This vacancy has now expired. Please click here to view live vacancies.

ICON has an opportunity for a Study Support Assistant (SSA). Our Study Support Assistant's at ICON play a key role, independently assisting the team to ensure the most effective and efficient study start up, by providing administrative and tracking support.
Study Support Assistant role within ICON
  • As a SSA, you will support the Study Start up Associate with tasks including; tracking, filling, collating and verifying, for completeness, submission documentation for submission to the Regulatory/Competent Authority (CA)/Ethics Committee(EC) and other relevant authorities and assisting in the translation of these documents
  • Assist the team with submission progress tracking by updating the relevant ICON/Sponsor tracking system. Be competent with ICON/Sponsor Clinical Trial Management System (CTMS).
  • Set, up, organize and maintain department electronic filing systems.

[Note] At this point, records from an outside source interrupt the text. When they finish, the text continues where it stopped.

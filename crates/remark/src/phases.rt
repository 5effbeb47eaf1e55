// What stands in the box: 1, 2, 3, 16, 17 and 18.
use crate::last_of;
use layout::STATE;
use rules::Phase;
use text::{ANSWER, put};
use view::put_form;

// 3 and 16
fn put_standing(out: &mut [u8; ANSWER], at: usize, s: &[u8; STATE]) -> usize {
    match Phase::of(book::phase(s)) {
        Phase::Issued => put(out, at, b": the box is issued"),
        Phase::Open => put(out, at, b": the auction is open"),
        Phase::Closed => put(out, at, b": the auction is closed"),
        Phase::Stopped => put(out, at, b": the auction is stopped"),
    }
}

// The first byte that is not zero.
fn put_byte(out: &mut [u8; ANSWER], at: usize, s: &[u8; STATE]) -> usize {
    match s.iter().position(|x| *x != 0) {
        Some(i) => put_form(out, at, b": byte # is #", &[i as u64, s[i] as u64]),
        None => at,
    }
}

// 17: the auction that stands, or a byte.
fn put_left(out: &mut [u8; ANSWER], at: usize, s: &[u8; STATE]) -> usize {
    if numbers::state_number(s).is_err() {
        return put_byte(out, at, s);
    }
    let numbers = [book::round(s) as u64];
    match Phase::of(book::phase(s)) {
        Phase::Issued => at,
        Phase::Open => put_form(out, at, b": an auction is open, in round #", &numbers),
        Phase::Closed => put(out, at, b": an auction is closed"),
        Phase::Stopped => put(out, at, b": an auction is stopped"),
    }
}

pub fn of_phase(out: &mut [u8; ANSWER], at: usize, n: u8, s: &[u8; STATE]) -> usize {
    let numbers = [STATE as u64];
    match n {
        1 => put_form(out, at, b": a box has # bytes", &numbers),
        2 => put(out, at, b": only return can be done with it"),
        3 | 16 => put_standing(out, at, s),
        17 => put_left(out, at, s),
        18 => put(out, at, b": round 1 is not calculated yet"),
        _ => at,
    }
}

// 6
pub fn put_bidder(out: &mut [u8; ANSWER], at: usize, s: &[u8; STATE], bidder: u8) -> usize {
    let numbers = [bidder as u64, last_of(book::bidders(s))];
    put_form(out, at, b": bidder &, and the bidders are 0 to #", &numbers)
}

pub fn of_report(out: &mut [u8; ANSWER], at: usize, n: u8, s: &[u8; STATE], bidder: u8) -> usize {
    match n {
        // "bids not open (for report: issued)"
        3 => put(out, at, b": no auction is open"),
        6 => put_bidder(out, at, s, bidder),
        _ => of_phase(out, at, n, s),
    }
}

Organize and attend meetings as requested and assist in the production of slides, overheads etc as needed
  • Assist in the co-ordination of payments to CA/EC and other relevant authorities and be familiar with ICH GCP and relevant ICON SOPs
Role Profile
  • The successful candidate will have a high school diploma, or local equivalent with good organizational skills and the ability to manage multiple tasks with meticulous attention to detail
  • Research or Healthcare related academic or work experience would be preferable but not essential
  • Good written and spoken English required for country assignments

Benefits of Working in ICON :

Other than working with a great team of smart and energetic people, we also offer a very competitive benefits package. This varies from country to country so a dedicated recruiter will discuss this with you at interview stage.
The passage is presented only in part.